An important aspect for systems, which are backed by a database storage, is to maintain data integrity. Most relational databases offer the possibility to define constraints in order to maintain data integrity, usually referential integrity and entity integrity. Typical constraints are foreign key constraints, not-null constraints, unique constraints and primary key constraints.
SQL also provides the CHECK constraint, which allows you to specify a condition on each row in a table:
ALTER TABLE table_name ADD CONSTRAINT constraint_name CHECK ( predicate )
CHECK (AGE >= 18)
However, these check constraints are limited. They can’t be defined on views, they can’t refer to columns in other tables and they can’t include subqueries.
In order to monitor data integrity on a higher level that is closer to the business rules of the domain, we have deployed a technique that we call health checks in some of our applications.
These health checks are database queries, which check that certain constraints are met in accordance with the business rules. The queries are usually designed to return an empty result set on success and to return the faulty data records otherwise.

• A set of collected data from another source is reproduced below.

//! The files of a store, a drill over them, and what a session reads of them.
ghost use Rattle.std.specs.Prelude.{◌≡◌, ◌<◌, ◌≤◌, [], length};

use mt_disk::{FileNo, MemDisk, Room};
use mt_drill::drill;
use mt_edge::{FixedClock, MemSink, MemSource, NoDoor};
use mt_rows::{Row, Stop, put_lines};
use mt_server::mantad;
use mt_spawn::NoSpawner;
use std::alloc::Global;

/// The room of a drill's disk.
const ROOM: Room = Room {
    file: 1_048_576,
    calls: 32_768,
    written: 1_048_576,
};

/// The room of a sink, in bytes.
const SINK: usize = 65_536;

/// The bytes of a log without a command.
const LEAST_LOG: usize = 9;

/// The words of the session that reads.
const WORDS: [&str; 5] = ["session", "--login", "l", "--store", "s"];

/// The three files of a store, and the calls that fail in the next drill.
#[derive(Drop)]
pub struct Store {
    head: Vec<u8>,
    one: Vec<u8>,
    two: Vec<u8>,
    disk_fails: Vec<u64>,
    writes_fail: Vec<u64>,
}

// What a run left.
#[derive(Drop)]
struct Left {
    status: u8,
    sink: MemSink,
    disk: MemDisk,
}

// A drill of so many objects over the files of a store.
fn drilled(alloc: Global, count: u32, store: &Store) -> Result<Left, Stop>
    requires fit { (store.now.head.items ≡ []) → length store.now.two.items < 9 }
    requires count { count ≤ 10000 }
{
    let Store {
        head,
        one,
        two,
        disk_fails,
        writes_fail,
    } = store;
    let fails = Vec::from_slice(alloc, writes_fail)?;
    let mut sink = MemSink::new(alloc, SINK)?.failing(fails);
    let mut disk = MemDisk::new(alloc, head, one, two, ROOM, disk_fails)?;
    let end = drill(alloc, count, &mut sink, &mut disk, &mut FixedClock::new(0));
    Ok(Left {
        status: end.code(),
        sink,
        disk,
    })
}

// A session over the files of a store.
fn asked(alloc: Global, words: &[String], request: Vec<u8>, store: &Store) -> Result<Left, Stop>
    requires { (store.now.head.items ≡ []) → length store.now.two.items < 9 }
{
    let Store { head, one, two, .. } = store;
    let mut source = MemSource::new(alloc, request);
    let mut sink = MemSink::new(alloc, SINK)?;
    let mut disk = MemDisk::new(alloc, head, one, two, ROOM, &[])?;
    let status = mantad(
        alloc,
        words,
        &mut source,
        &mut sink,
        &mut disk,
        &mut NoSpawner::new(),
        &mut FixedClock::new(0),
        &mut NoDoor::new(),
    );
    Ok(Left { status, sink, disk })
}

// The words of the session that reads.
fn session_words(alloc: Global) -> Result<Vec<String>, Stop> {
    let mut words = Vec::new(alloc);
    for word in WORDS {
        words.push(String::from_str(alloc, word)?)?;
    }
    Ok(words)
}

// The request of a line `ask METHOD TARGET`.
fn request_of(alloc: Global, line: &str) -> Result<Vec<u8>, Stop> {
    let asked = line.strip_prefix("ask ").unwrap_or("");
    let mut request = Vec::from_slice(alloc, asked.as_bytes())?;
    request.extend_from_slice(b" HTTP/1.1\r\n\r\n")?;
    Ok(request)
}

impl Store {
    /// A new store.
    pub fn new(alloc: Global) -> Store {
        Store {
            head: Vec::new(alloc),
            one: Vec::new(alloc),
            two: Vec::new(alloc),
            disk_fails: Vec::new(alloc),
            writes_fail: Vec::new(alloc),
        }
    }

    /// The store is new.
    pub fn forget(&mut self, alloc: Global) -> Result<(), Stop> {
        *self = Store::new(alloc);
        Ok(())
    }

    /// The files are those of a row.
    pub fn read(&mut self, alloc: Global, row: &Row) -> Result<(), Stop> {
        self.head = Vec::from_slice(alloc, row.bytes(1)?)?;
        self.one = Vec::from_slice(alloc, row.bytes(2)?)?;
        self.two = Vec::from_slice(alloc, row.bytes(3)?)?;
        Ok(())
    }

    /// These calls of the next drill fail.
    pub fn set_failing(&mut self, alloc: Global, row: &Row) -> Result<(), Stop> {
        let numbers = row.numbers(alloc, 2)?;
        match row.text(1)? {
            "disk" => self.disk_fails = numbers,
            "writes" => self.writes_fail = numbers,
            _ => return Err(Stop::NoSuchRow),
        }
        Ok(())
    }

    // The files are those of a disk, and no call fails.
    fn keep(&mut self, alloc: Global, disk: &MemDisk) -> Result<(), Stop> {
        self.head = Vec::from_slice(alloc, disk.file(FileNo::Head))?;
        self.one = Vec::from_slice(alloc, disk.file(FileNo::One))?;
        self.two = Vec::from_slice(alloc, disk.file(FileNo::Two))?;
        self.disk_fails.clear();
        self.writes_fail.clear();
        Ok(())
    }

    /// A drill of so many objects: its status, and what it wrote. There is none over a second log without a head.
    pub fn drill(&mut self, alloc: Global, row: &Row, out: &mut String) -> Result<(), Stop> {
        let count = row.number(1)?;
        if count > 10_000 || self.head.is_empty() && self.two.len() >= LEAST_LOG {
            return Err(Stop::NoSuchRow);
        }
        let left = drilled(alloc, count as u32, self)?;
        write!(out, "status {}", left.status)?;
        put_lines(out, left.sink.written())?;
        self.keep(alloc, &left.disk)
    }

    /// What a session answers to the request of a line, and its status.
    pub fn ask(&self, alloc: Global, line: &str, out: &mut String) -> Result<(), Stop> {
        if self.head.is_empty() && self.two.len() >= LEAST_LOG {
            return Err(Stop::NoSuchRow);
        }
        let words = session_words(alloc)?;
        let request = request_of(alloc, line)?;
        let left = asked(alloc, &words, request, self)?;
        write!(out, "status {}", left.status)?;
        put_lines(out, left.sink.written())?;
        Ok(())
    }
}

The health checks are run periodically. For example, we use a Jenkins job to trigger the health checks of one of our web applications every couple of hours. In this case we don’t directly query the database, but the application does and returns the success or failure states of the health checks in the response of a HTTP GET request.
This way we can detect problems in the stored data in a timely manner and take countermeasures. Of course, if the application is bug free these health checks should never fail, and in fact they rarely do. We mostly use the health checks as an addition to regression tests after a bug fix, to ensure and monitor that the unwanted state in the data will never happen again in the future.
One thought on “Monitoring data integrity with health checks”
I’m glad I found your article! It seems that the current monitoring literature mostly focuses on capturing errors that happen at runtime (http codes, application logs). Have you found any other resources talking about business-data-based monitoring? Cheers!